In this script, the llama 3.1 LLM was used with the help of Ollama to run the LLM locally Go to https://ollama.com/ and install ollama Choose an LLM, run the following command in the terminan/cmd in order to download the LLM
ollama pull llama3.1
To test, run the following and type a prompt:
ollama run llama3.1
Create a folder/directory named Extracted_Data, place all the files you want to train your LLM on in this case, we will be using well documented PLEXOS API code.

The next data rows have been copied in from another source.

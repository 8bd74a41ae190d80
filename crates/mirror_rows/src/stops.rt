// What stops leave: each half stops at a call of its own, and what is left is paired.
use crate::fixture::{NONE, half, left, paired, read, steps};
use line_image::MemoryImage;
use mirror_image::Mirror;
use std::alloc::Global;
use std::test::Fail;

/// The two values that a stop may leave in line 0 and in line 1, after so many steps, within the next one; none were begun at 6.
const LEFT: [[u64; 4]; 7] = [
    [0, 10, 0, 0],
    [0, 10, 0, 20],
    [0, 10, 0, 20],
    [10, 10, 20, 21],
    [10, 10, 20, 21],
    [10, 10, 21, 21],
    [0, 0, 0, 0],
];

/// Whether each word of the line is one of these two.
fn has(words: Option<[u64; 8]>, one: u64, other: u64) -> bool {
    match words {
        Some(words) => words.iter().all(|word| *word == one || *word == other),
        None => false,
    }
}

/// Pairs what a stop leaves. Answers whether the lines are as after so many steps.
fn shows(
    alloc: Global,
    a: &MemoryImage,
    b: &MemoryImage,
    pick: u64,
    made: u32,
) -> Result<bool, Fail> {
    let mut mirror = paired(left(alloc, a, pick)?, left(alloc, b, pick)?)?;
    let [one, other, two, three] = match LEFT.get(made as usize) {
        Some(values) => *values,
        None => return Ok(false),
    };
    let first = has(read(&mut mirror, 0), one, other);
    let second = has(read(&mut mirror, 1), two, three);
    Ok(first && second && has(read(&mut mirror, 2), 0, 0))
}

/// The halves stop at these calls.
fn stop(alloc: Global, first: u64, second: u64) -> Result<bool, Fail> {
    let a = half(alloc, 4, NONE, first)?;
    let b = half(alloc, 4, NONE, second)?;
    let (a, b, made) = match Mirror::pair(a, b) {
        Ok(mut mirror) => {
            let made = steps(&mut mirror);
            let (a, b) = mirror.halves();
            (a, b, made)
        }
        Err((_, a, b)) => (a, b, 6),
    };
    for pick in 0..6 {
        if !shows(alloc, &a, &b, pick, made)? {
            return Ok(false);
        }
    }
    Ok(true)
}

#[test]
fn stops_leave_what_the_mirror_may_show(rt: HostRuntime) -> Result<(), Fail> {
    for first in 1..22 {
        for second in 1..24 {
            assert!(rt; stop(rt.alloc(), first, second)?, "at {first} and {second}");
        }
    }
    Ok(())
}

Install the following dependencies
pip install llama-index
pip install llama-index-llms-ollama
pip install llama_index.embeddings.huggingface
note if you are using windows you have to do this extra step:
pip uninstall torch
pip install torch==2.2
The RAG.py has three functions
construct_index()
this function takes in a dirctory path, loads the files, then generates an index
and saves it in the model Folder/Directory
load_index()
this function takes the model Folder/Directory from the storage returns it as an index
save_to_excel():
Saves query results to an Excel file. If the file exists, it prompts whether to append or overwrite.
The first time using the program you must call the construct_index() to create an index. After it has been created you can call the load_index() instead.
You can type a prompt press enter and a answer will be generated. It will ask if you want to save it by typing yes/y. After you create enough data, we can upload this data for it used to fine tune a model.